Abstract
Purpose
BAT-26 is one of the representative markers for microsatellite instability evaluation and presents different polymorphisms in different ethnic populations. The current knowledge of its comparative polymorphism between healthy individuals and cancer patients in the Chinese population is insufficient. This study aims to analyze germline polymorphic variations of BAT-26 between healthy individuals and cancer patients in Chinese from Jiangsu province and the associated cancer risk implications.
Methods
The various BAT-26 alleles and their percentages in cervical cells from 500 healthy women were assessed by direct sequencing.

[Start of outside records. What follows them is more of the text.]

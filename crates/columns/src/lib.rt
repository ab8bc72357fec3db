// What is worked out once for the ten lines of a row: the ten bytes and the four pairs of each of its forty cells.
#![tactic(auto)]

pub mod column;
pub mod pairs;
pub mod plain;
pub mod ten;
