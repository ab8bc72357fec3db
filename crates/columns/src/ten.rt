// The ten bytes of a cell, one for each of its lines: the slice that the line shows, and of it the half that is shown.
ghost use Rattle.std.specs.Prelude.{◌≡◌, ◌<◌, length};
ghost use Rattle.basics.specs.Parts.{table};
ghost use Rattle.page.specs.Inputs.{decoded};
ghost use Rattle.columns.specs.HowTens.{doubled_of, ten_of, tens_of};

use crate::column::put_column;
use crate::plain::is_plain;
use page::code::is_wide;
use pixels::width::doubled;
use shown::page::Scene;
use slices::slice::shown_slices;
use sources::source::{rom_set, rom_slices, slices_of};
use std::array;

// Of each of ten slices the half that is shown.
pub fn doubled_slices(right: bool, slices: [u8; 10]) -> [u8; 10]
    ensures { result ≡ table (doubled_of slices right) 10 }
{
    array::from_fn(|n| doubled(right, slices[n]))
}

// Each line of a plain cell, as most cells of a page of text are, shows the whole slice of its own number, which is
// in the ROM.
pub fn ten_of(scene: &Scene, code: [u8; 3], lower: bool, right: bool) -> [u8; 10]
    ensures { result ≡ ten_of scene.now.page.memory.now scene.now.rom.now scene.now.page.shown (decoded scene.now.page.shown.part code) lower right }
{
    let part = scene.page.shown.part;
    if is_plain(code[1]) {
        return rom_slices(scene.rom, code[0], rom_set(part, code[1]));
    }
    let ten = shown_slices(part, code, lower, slices_of(scene, code));
    if is_wide(code) {
        return doubled_slices(right, ten);
    }
    ten
}

// The ten bytes of each cell of a row, line after line. Three arrays are read at x: a zip of the three is no plainer.
pub fn tens_of(
    scene: &Scene,
    cells: [[u8; 3]; 40],
    lowers: [bool; 40],
    rights: [bool; 40],
) -> [u8; 400]
    ensures { result ≡ tens_of scene.now.page.memory.now scene.now.rom.now scene.now.page.shown cells lowers rights }
{
    let mut tens = [0; 400];
    for x in 0..40 {
        put_column(&mut tens, x, &ten_of(scene, cells[x], lowers[x], rights[x]));
    }
    tens
}
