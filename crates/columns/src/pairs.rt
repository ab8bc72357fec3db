// The packed pairs of a row's forty cells, worked out once for its ten lines.
ghost use Rattle.std.specs.Prelude.{◌≡◌};
ghost use Rattle.columns.specs.HowTens.{step_to, steps_of, pairs_of};

use crate::column::put_column;
use cell::decode::decode;
use pixels::pairs::cell_pairs;
use shown::Shown;

// From one byte to another, modulo 256.
fn step_to(a: u8, b: u8) -> u8
    ensures { result ≡ step_to a b }
{
    b.wrapping_sub(a)
}

// A line chooses between two pairs by adding the step or not, which takes fewer instructions than to choose between the pairs.
fn steps(four: [u8; 4]) -> [u8; 4]
    ensures { result ≡ steps_of four }
{
    [
        four[0],
        step_to(four[0], four[1]),
        four[2],
        step_to(four[2], four[3]),
    ]
}

// For each cell the packed byte of two pixels with no bit of the slice set, 40 further on the step to that with the left pixel's, and 80
// and 120 further on the same with the right pixel's set too.
pub fn pairs_of(cells: [[u8; 3]; 40], shown: Shown) -> [u8; 160]
    ensures { result ≡ pairs_of cells shown }
{
    let part = shown.part;
    let mut pairs = [0; 160];
    for (x, code) in cells.iter().enumerate() {
        let four = steps(cell_pairs(decode(part, *code), shown));
        put_column(&mut pairs, x, &four);
    }
    pairs
}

Twenty of these samples were also analyzed by fragment analysis. BAT-26 of blood DNA from 24 healthy individuals and 247 cancer patients was analyzed by fragment analysis.
Results
Compared with the sequencing results, 122.6-122.9 bp, 123.4-123.8 bp and 124.1-124.8 bp corresponded to the A25, A26 and A27 alleles, respectively. The 524 healthy individuals showed 4.58%, 92.18% and 3.24% of A25, A26 and A27, respectively. The variant alleles A18, A24, A28, A29 and A32 were only found in cancer patients, accounting for 0.81%, 0.40%, 0.40%, 0.40% and 0.40%, respectively; the A25, A26 and A27 alleles in cancer patients accounted for 6.48%, 77.33% and 13.77%.
Conclusions
Healthy individuals had a stable BAT-26 profile within the quasimonomorphic variation range (QMVR), but cancer patients harbored variant alleles outside QMVR and showed a trend from quasimonomorph to polymonomorph, suggesting that variant alleles of BAT-26 in germline cells may be regarded as a potential marker of higher cancer risk in the Chinese population from Jiangsu province.
Introduction
Lynch syndrome (LS) is an autosomal dominant inheritance syndrome characterized by a high incidence of early onset colorectal cancer (CRC) and extracolonic malignancies such as endometrial, ovarian, small bowel, urinary tract, hepatobiliary tract, gastric and brain cancers (1-2-3). LS is also referred to as hereditary nonpolyposis colorectal cancer (HNPCC) and accounts for 2% to 5% of all cases of CRC (3).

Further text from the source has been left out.